The High Museum of Art has announced two exhibitions opening in early 2016, a midcareer retrospective of the work of contemporary photographer-alchemist Vik Muniz and a look at a leading late 20th-century artist whose life was cut short before it reached midcareer, Jean-Michel Basquiat.
The Muniz exhibit will examine the breadth of the Brazilian-born American artist’s career, comprising nearly 150 prints, including many recent works.
The Basquiat show centers on handwritten texts and sketches from rarely seen notebooks created by the New York artist, who died at age 27 in 1988. One hundred and sixty unbound notebook pages will be displayed along with 30 related paintings, drawings and mixed-media works.

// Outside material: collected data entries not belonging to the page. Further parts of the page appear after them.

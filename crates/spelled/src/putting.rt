// Bytes put at a place of a buffer and counted: past its end nothing is written, and the count goes on.
ghost use Rattle.std.specs.Prelude.{◌∷◌, [], ◌+◌, ◌≤◌, length};
ghost use Rattle.listing.specs.Json.{decimal};
ghost use Rattle.listing.specs.Steps.{far, Puts};
ghost use Rattle.spelled.specs.Spelling.{signed};

// listing has its twin for itself: it asks for room to count, and no public function asks for anything.
pub fn put_bytes(out: &mut [u8], at: usize, text: &[u8]) -> usize
    requires { at + length text.now ≤ far }
    ensures { Puts out.old out.new at result text.now }
{
    lent::store(out, at, text);
    at + text.len()
}

// A text behind a byte.
pub fn put_after(out: &mut [u8], at: usize, b: u8, text: &[u8]) -> usize
    requires { at + 1 + length text.now ≤ far }
    ensures { Puts out.old out.new at result (b ∷ text.now) }
{
    if at < out.len() {
        out[at] = b;
    }
    put_bytes(out, at + 1, text)
}

// A byte alone.
pub fn put_byte(out: &mut [u8], at: usize, b: u8) -> usize
    requires { at + 1 ≤ far }
    ensures { Puts out.old out.new at result (b ∷ []) }
{
    put_after(out, at, b, b"")
}

// A number in decimal behind a byte.
pub fn put_number(out: &mut [u8], at: usize, b: u8, n: u64) -> usize
    requires { at + 21 ≤ far }
    ensures { Puts out.old out.new at result (b ∷ decimal n) }
{
    let mut digits = [0u8; 20];
    let first = listing::digits_into(n, &mut digits);
    put_after(out, at, b, &digits[first..])
}

// A step: `=`, its sign, and the signed amount.
pub fn put_step(out: &mut [u8], at: usize, sign: u8, n: u64) -> usize
    requires { at + 23 ≤ far }
    ensures { Puts out.old out.new at result (61 ∷ sign ∷ signed n) }
{
    let next = put_byte(out, at, b'=');
    if n <= i64::MAX as u64 {
        return put_number(out, next, sign, n);
    }
    let signed = put_byte(out, next, sign);
    put_number(out, signed, b'-', u64::MAX - n + 1)
}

"Vik Muniz" and "Basquiat: The Unknown Notebooks" will run concurrently at the Midtown museum from Feb. 28 through May 29, 2016.

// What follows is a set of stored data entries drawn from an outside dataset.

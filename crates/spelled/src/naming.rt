// Names and rules by code: the first of the Rust's names for an action, in small letters, and `t` for a transformation.
ghost use Rattle.std.specs.Prelude.{◌≡◌, ◌+◌, ◌≤◌};
ghost use Rattle.listing.specs.Steps.{far, Puts};
ghost use Rattle.spelled.specs.Steps.{name_for, rule_for};

use crate::putting::put_bytes;
use single_action::Rule;

// Names in rows of 16 bytes, zero-filled.
const NAMES: [u8; 528] =
    *b"\0\0\0\0\0\0\0\0\0\0\0\0\0\0\0\0deny\0\0\0\0\0\0\0\0\0\0\0\0block\0\0\0\0\0\0\0\0\0\0\0pass\0\0\0\0\0\0\0\0\0\0\0\0allow\0\0\0\0\0\0\0\0\0\0\0drop\0\0\0\0\0\0\0\0\0\0\0\0redirect\0\0\0\0\0\0\0\0chain\0\0\0\0\0\0\0\0\0\0\0skip\0\0\0\0\0\0\0\0\0\0\0\0skipafter\0\0\0\0\0\0\0multimatch\0\0\0\0\0\0id\0\0\0\0\0\0\0\0\0\0\0\0\0\0phase\0\0\0\0\0\0\0\0\0\0\0severity\0\0\0\0\0\0\0\0msg\0\0\0\0\0\0\0\0\0\0\0\0\0tag\0\0\0\0\0\0\0\0\0\0\0\0\0rev\0\0\0\0\0\0\0\0\0\0\0\0\0ver\0\0\0\0\0\0\0\0\0\0\0\0\0maturity\0\0\0\0\0\0\0\0accuracy\0\0\0\0\0\0\0\0logdata\0\0\0\0\0\0\0\0\0status\0\0\0\0\0\0\0\0\0\0setvar\0\0\0\0\0\0\0\0\0\0capture\0\0\0\0\0\0\0\0\0initcol\0\0\0\0\0\0\0\0\0expirevar\0\0\0\0\0\0\0log\0\0\0\0\0\0\0\0\0\0\0\0\0nolog\0\0\0\0\0\0\0\0\0\0\0auditlog\0\0\0\0\0\0\0\0noauditlog\0\0\0\0\0\0sanitisematched\0ctl\0\0\0\0\0\0\0\0\0\0\0\0\0t\0\0\0\0\0\0\0\0\0\0\0\0\0\0\0";

// Their lengths, and the rules by number.
const LENGTHS: [u8; 33] = [
    0, // no code
    4, // deny
    5, // block
    4, // pass
    5, // allow
    4, // drop
    8, // redirect
    5, // chain
    4, // skip
    9, // skipafter
    10, // multimatch
    2, // id
    5, // phase
    8, // severity
    3, // msg
    3, // tag
    3, // rev
    3, // ver
    8, // maturity
    8, // accuracy
    7, // logdata
    6, // status
    6, // setvar
    7, // capture
    7, // initcol
    9, // expirevar
    3, // log
    5, // nolog
    8, // auditlog
    10, // noauditlog
    15, // sanitisematched
    3, // ctl
    1, // t
];

// By number, for single_action's reason.
const RULES: [u8; 33] = [
    0, // no code
    0, // deny
    0, // block
    0, // pass
    0, // allow
    0, // drop
    1, // redirect
    0, // chain
    5, // skip
    1, // skipafter
    0, // multimatch
    6, // id
    3, // phase
    7, // severity
    2, // msg
    2, // tag
    2, // rev
    2, // ver
    3, // maturity
    3, // accuracy
    2, // logdata
    4, // status
    10, // setvar
    0, // capture
    8, // initcol
    9, // expirevar
    0, // log
    0, // nolog
    0, // auditlog
    0, // noauditlog
    0, // sanitisematched
    8, // ctl
    1, // t
];

pub fn put_name(out: &mut [u8], at: usize, code: u64) -> usize
    requires code_bound { code ≤ 32 }
    requires at_bound { at + 16 ≤ far }
    ensures { Puts out.old out.new at result (name_for code) }
{
    let row = code as usize;
    let first = 16 * row;
    let n = LENGTHS[row] as usize;
    put_bytes(out, at, &NAMES[first..first + n])
}

pub fn rule_for(code: u64) -> Rule
    requires { code ≤ 32 }
    ensures { result ≡ rule_for code }
{
    single_action::numbered_rule(RULES[code as usize])
}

Muniz is known for creating what he calls “photographic delusions,” employing unconventional materials such as sugar, tomato sauce, diamonds, magazine clippings, chocolate syrup, dust and trash to design detailed narrative subjects before recording them with his camera.
For instance, “Vik Muniz” will include prints from his “Pictures of Garbage” series, for which Muniz worked with pickers from an enormous Rio de Janeiro landfill to construct images using collected refuse. The photographs include a re-creation of Jacques-Louis David’s 1793 painting “The Death of Marat” and portraits of the pickers themselves created from rubbish they collected.

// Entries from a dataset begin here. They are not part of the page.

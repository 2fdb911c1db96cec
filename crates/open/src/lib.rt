// Reading a message by a table with its open items in a lent list: no function calls itself, so the stack stays small.
#![tactic(auto)]

ghost use Rattle.std.specs.Prelude.{◌≡◌, not, ◌∷◌, ◌+◌, ◌*◌, ◌^◌, ◌<◌, ◌≤◌, length, replicate};
ghost use Rattle.wire.specs.Tests.{both};
ghost use Rattle.wire.specs.Shape.{depth as chain_of};
ghost use Rattle.wire.specs.Table.{check as check_of, u16_at, kind_of, node_at, record_of};
ghost use Rattle.wire.specs.Reading.{head as head_of, judged, head_by};
ghost use Rattle.wire.specs.Answers.{read_by, reads, reads_strict, room_of};
ghost use Rattle.laws.specs.KindRanges.{IsInner};
ghost use Rattle.laws.specs.Tables.{node_shape, GoodTable};
ghost use Rattle.leaf.specs.Leaves.{leaf_take_at};
ghost use Rattle.table.specs.Parts.{Falls};
ghost use Rattle.read_item.specs.Lay.{laid, lay};
ghost use Rattle.read_item.specs.Steps.{spot, Inner, own_of, TakesInt, Puts, Enters};
ghost use Rattle.reader.specs.Steps.{Gives};
ghost use Rattle.desk.specs.Listed.{open_rest, list_words, ReadsListed};
ghost use Rattle.open.specs.Items.{held_at, width_word, holding, helds_of, leaving, unread, pending, Chain};
ghost use Rattle.open.specs.Steps.{Leads, Rounds, Works, Opens};

use desk::NotOpened;
use read_item::Inside;
use wire::{Layout, Own, Reached, Refusal, RefusedAt, Stopped};

// How far a step came: so many are left, of a row's numbers or of the open items.
#[derive(Clone, Copy)]
pub struct Turned {
    pub left: usize,
    pub place: usize,
    pub count: usize,
}

// The words that the list must have: four for each of 256 open items.
const WORDS: usize = 1024;

// An open item: the `width` numbers at `from` in the table are its children's; of this round the last `left` are unread, and
// so many rounds follow, each of them headed by a struct's entry or not.
#[derive(Clone, Copy)]
pub struct Held {
    pub from: usize,
    pub width: usize,
    pub headed: bool,
    pub left: usize,
    pub rounds: u64,
}

// ---- the list

fn held_at(list: &[u64], i: usize) -> Held
    requires { 4 * i + 4 ≤ length list.now }
    ensures { result ≡ held_at list.now i }
{
    let at = 4 * i;
    let from = list[at];
    let head = list[at + 1];
    let left = list[at + 2];
    let rounds = list[at + 3];
    Held {
        from: from as usize,
        width: (head / 2) as usize,
        headed: head % 2 == 1,
        left: left as usize,
        rounds,
    }
}

// Twice the width, and one where rounds are headed.
fn width_word(width: usize, headed: bool) -> u64
    requires { width < 2 ^ 63 }
    ensures { result ≡ width_word width headed }
{
    let twice = 2 * (width as u64);
    if headed {
        return twice + 1;
    }
    twice
}

fn hold(list: &mut [u64], i: usize, f: Held)
    requires i_in_bounds { 4 * i + 4 ≤ length list.old }
    requires width_bound { f.width < 2 ^ 63 }
    ensures { list.new ≡ holding list.old i f }
{
    let at = 4 * i;
    list[at] = f.from as u64;
    list[at + 1] = width_word(f.width, f.headed);
    list[at + 2] = f.left as u64;
    list[at + 3] = f.rounds;
}

fn clear(list: &mut [u64])
    ensures { list.new ≡ replicate (length list.old) 0 }
{
    list.fill(0);
}

// ---- a leaf

// A leaf that has room: its entry, or why it is refused.
fn read_leaf(
    strict: bool,
    number: u8,
    part: &[u8],
    place: usize,
    store: &mut [u64],
    made: usize,
) -> Result<Reached, Stopped>
    requires part_bound { place + length part.now < 2 ^ 64 }
    requires made_bound { made + 1 < 2 ^ 64 }
    ensures { Puts place made store.old (judged strict (leaf_take_at number place part.now)) result store.new }
{
    if !strict {
        if let Some(item) = read_item::int_bytes(number, part) {
            return read_item::lay(item, place, store, made);
        }
    }
    read_item::read_leaf(strict, number, part, place, store, made)
}

// ---- the steps

// The leaves in front of a row of children's numbers. An item wants room before its bytes are looked at.
fn read_leaves(
    strict: bool,
    table: &[u8],
    l: Layout,
    from: usize,
    width: usize,
    part: &[u8],
    place: usize,
    room: usize,
    store: &mut [u64],
    made: usize,
) -> Result<Turned, Stopped>
    requires good_table { GoodTable table.now l }
    requires falls { Falls table.now from width l.nodes }
    requires part_bound { place + length part.now < 2 ^ 64 }
    ensures { Leads (head_by strict) room table.now l from width part.now place made store.old result store.new }
{
    let mut rest = part;
    let mut at = place;
    let mut sofar = made;
    let mut child = from;
    let mut left = width;
    while 0 < left {
        if room <= sofar {
            return Err(Stopped {
                why: Refusal::Room,
                place: at,
                count: sofar,
            });
        }
        let c = table::u16_at(table, child);
        let number = table::kind_at(table, l, c);
        if table::is_inner(number) {
            return Ok(Turned {
                left,
                place: at,
                count: sofar,
            });
        }
        let Reached { place: next, count } = read_leaf(strict, number, rest, at, store, sofar)?;
        let used = next - at;
        rest = &rest[used..];
        at = next;
        sofar = count;
        child = child + 2;
        left = left - 1;
    }
    Ok(Turned {
        left: 0,
        place: at,
        count: sofar,
    })
}

// An item that has children: its entry, and what follows it held open above the first so many, if anything does.
fn open_item(
    strict: bool,
    table: &[u8],
    l: Layout,
    node: usize,
    part: &[u8],
    place: usize,
    room: usize,
    store: &mut [u64],
    made: usize,
    list: &mut [u64],
    depth: usize,
) -> Result<Turned, Stopped>
    requires good_table { GoodTable table.now l }
    requires node_lt_nodes { node < l.nodes }
    requires inner { IsInner (node_at table.now (record_of l node)).number }
    requires part_bound { place + length part.now < 2 ^ 64 }
    requires made_lt_room { made < room }
    requires list_len { length list.old ≡ 1024 }
    requires chain { Chain table.now l (chain_of (node_shape table.now l node)) (helds_of list.old depth) }
    ensures { Opens (head_by strict) room table.now l node (helds_of list.old depth) part.now place made store.old result store.new list.new }
{
    let number = table::kind_at(table, l, node);
    match read_item::enter(strict, table, l, node, number, part, place, store, made) {
        Err(why) => Err(Stopped {
            why,
            place,
            count: made,
        }),
        Ok(inside) => {
            let to = inside.to;
            let after = place + inside.used;
            let next = made + 1;
            // Nothing is held for no rounds, nor for a struct without fields, whose children would be below the longest chain.
            if to.rounds == 0 || to.width == 0 {
                return Ok(Turned {
                    left: depth,
                    place: after,
                    count: next,
                });
            }
            let way = table::flat(table, l, node, to.from, to.width);
            hold(
                list,
                depth,
                Held {
                    from: way.from,
                    width: way.width,
                    headed: way.headed,
                    left: 0,
                    rounds: to.rounds,
                },
            );
            let deeper = depth + 1;
            Ok(Turned {
                left: deeper,
                place: after,
                count: next,
            })
        }
    }
}

// The next child of the open item i, the first of so many that are left: it is opened above the item, which is held without it.
fn next_child(
    strict: bool,
    table: &[u8],
    l: Layout,
    top: Held,
    left: usize,
    part: &[u8],
    place: usize,
    room: usize,
    store: &mut [u64],
    made: usize,
    list: &mut [u64],
    i: usize,
) -> Result<Turned, Stopped>
    requires good_table { GoodTable table.now l }
    requires part_bound { place + length part.now < 2 ^ 64 }
    requires made_lt_room { made < room }
    requires left_nonzero { 0 < left }
    requires inner { IsInner (node_at table.now (record_of l (u16_at table.now (unread (leaving top left top.rounds))))).number }
    requires list_len { length list.old ≡ 1024 }
    requires chain { Chain table.now l 1 (leaving top left top.rounds ∷ helds_of list.old i) }
    ensures { Works (head_by strict) room table.now l (leaving top left top.rounds ∷ helds_of list.old i) part.now place made store.old result store.new list.new }
{
    let child = top.from + 2 * (top.width - left);
    let c = table::u16_at(table, child);
    let others = left - 1;
    hold(
        list,
        i,
        Held {
            from: top.from,
            width: top.width,
            headed: top.headed,
            left: others,
            rounds: top.rounds,
        },
    );
    let depth = i + 1;
    open_item(
        strict, table, l, c, part, place, room, store, made, list, depth,
    )
}

// The next round of the open item i, which has one.
fn next_round(
    top: Held,
    place: usize,
    room: usize,
    store: &mut [u64],
    made: usize,
    list: &mut [u64],
    i: usize,
) -> Result<Turned, Stopped>
    requires i_in_bounds { 4 * i + 4 ≤ length list.old }
    requires width_bound { top.width < 2 ^ 63 }
    requires rounds_nonzero { 0 < top.rounds }
    ensures { Rounds room top i place made store.old list.old result store.new list.new }
{
    let Some(ready) = reader::begin(top.headed, place, room, store, made) else {
        return Err(Stopped {
            why: Refusal::Room,
            place,
            count: made,
        });
    };
    let rounds = top.rounds - 1;
    hold(
        list,
        i,
        Held {
            from: top.from,
            width: top.width,
            headed: top.headed,
            left: top.width,
            rounds,
        },
    );
    let depth = i + 1;
    Ok(Turned {
        left: depth,
        place,
        count: ready,
    })
}

// One turn of the open items, of which there is one: the leaves in front of what the last one leaves of its round, and then its
// next child, its next round, or nothing more of it.
fn turn(
    strict: bool,
    table: &[u8],
    l: Layout,
    part: &[u8],
    place: usize,
    room: usize,
    store: &mut [u64],
    made: usize,
    list: &mut [u64],
    depth: usize,
) -> Result<Turned, Stopped>
    requires good_table { GoodTable table.now l }
    requires part_bound { place + length part.now < 2 ^ 64 }
    requires list_len { length list.old ≡ 1024 }
    requires depth_nonzero { 0 < depth }
    requires chain { Chain table.now l 1 (helds_of list.old depth) }
    ensures { Works (head_by strict) room table.now l (helds_of list.old depth) part.now place made store.old result store.new list.new }
{
    let i = depth - 1;
    let top = held_at(list, i);
    let child = top.from + 2 * (top.width - top.left);
    let Turned {
        left,
        place: at,
        count,
    } = read_leaves(
        strict, table, l, child, top.left, part, place, room, store, made,
    )?;
    let used = at - place;
    if 0 < left {
        return next_child(
            strict,
            table,
            l,
            top,
            left,
            &part[used..],
            at,
            room,
            store,
            count,
            list,
            i,
        );
    }
    if 0 < top.rounds {
        return next_round(top, at, room, store, count, list, i);
    }
    Ok(Turned {
        left: i,
        place: at,
        count,
    })
}

// The open items worked off, of which the first is in the list.
fn work_off(
    strict: bool,
    table: &[u8],
    l: Layout,
    message: &[u8],
    room: usize,
    store: &mut [u64],
    list: &mut [u64],
) -> Result<Reached, Stopped>
    requires good_table { GoodTable table.now l }
    requires list_len { length list.old ≡ 1024 }
    requires chain { Chain table.now l 1 (helds_of list.old 1) }
    ensures { Gives (lay room (pending (head_by strict) table.now l (helds_of list.old 1) (spot message.now 0)) 0 store.old) result store.new }
{
    let mut rest = message;
    let mut at = 0;
    let mut sofar = 0;
    let mut depth = 1;
    while 0 < depth {
        let Turned { left, place, count } = turn(
            strict, table, l, rest, at, room, store, sofar, list, depth,
        )?;
        let used = place - at;
        rest = &rest[used..];
        at = place;
        sofar = count;
        depth = left;
    }
    Ok(Reached {
        place: at,
        count: sofar,
    })
}

// ---- the public calls

// A reading, strict or not, with a list that has the words.
fn read_with(
    strict: bool,
    table: &[u8],
    message: &[u8],
    store: &mut [u64],
    list: &mut [u64],
) -> Result<Reached, Stopped>
    requires { length list.old ≡ list_words }
    ensures { Gives (laid (read_by strict (check_of table.now) table.now (room_of store.old) message.now) 0 store.old) result store.new }
{
    let room = entry::room(store.len());
    match table::check(table) {
        Err(bad) => Err(Stopped {
            why: bad.why,
            place: bad.place,
            count: 0,
        }),
        Ok(layout) => {
            let root = table::root_at(table);
            let way = table::flat(table, layout, layout.nodes, root, 1);
            hold(
                list,
                0,
                Held {
                    from: way.from,
                    width: way.width,
                    headed: way.headed,
                    left: 0,
                    rounds: 1,
                },
            );
            work_off(strict, table, layout, message, room, store, list)
        }
    }
}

In the exhibit announcement, High photography curator Brett Abbott praised Muniz’s work as being “marked by a playful curiosity, a constant churning of creativity and an inventive approach to reframing conventional perspectives on the world.”
Co-organized by the High and the Foundation for the Exhibition of Photography, the exhibit will tour internationally following its debut in Atlanta.
“Basquiat: The Unknown Notebooks” should fill in some blanks in the narrative of the prolific painter whose meteoric rise ended with a drug overdose, said High curator of modern and contemporary art Michael Rooks.
Filled with text that ranges from wordplay to passages that indicate the artist’s interest in highlighting racial discrimination, the notebooks “give us an opportunity to trace his private thoughts and reflections from their pages to the walls of the gallery,” Rooks said.
Created between 1980 and 1987, the eight notebooks to be exhibited give a glimpse into how the former graffiti artist began to develop the artistic strategies that would inform his large-scale works, which combined text and images in a raw expressionist style.
The High's first exhibit focused solely on Basquiat's work was organized by the Brooklyn Museum.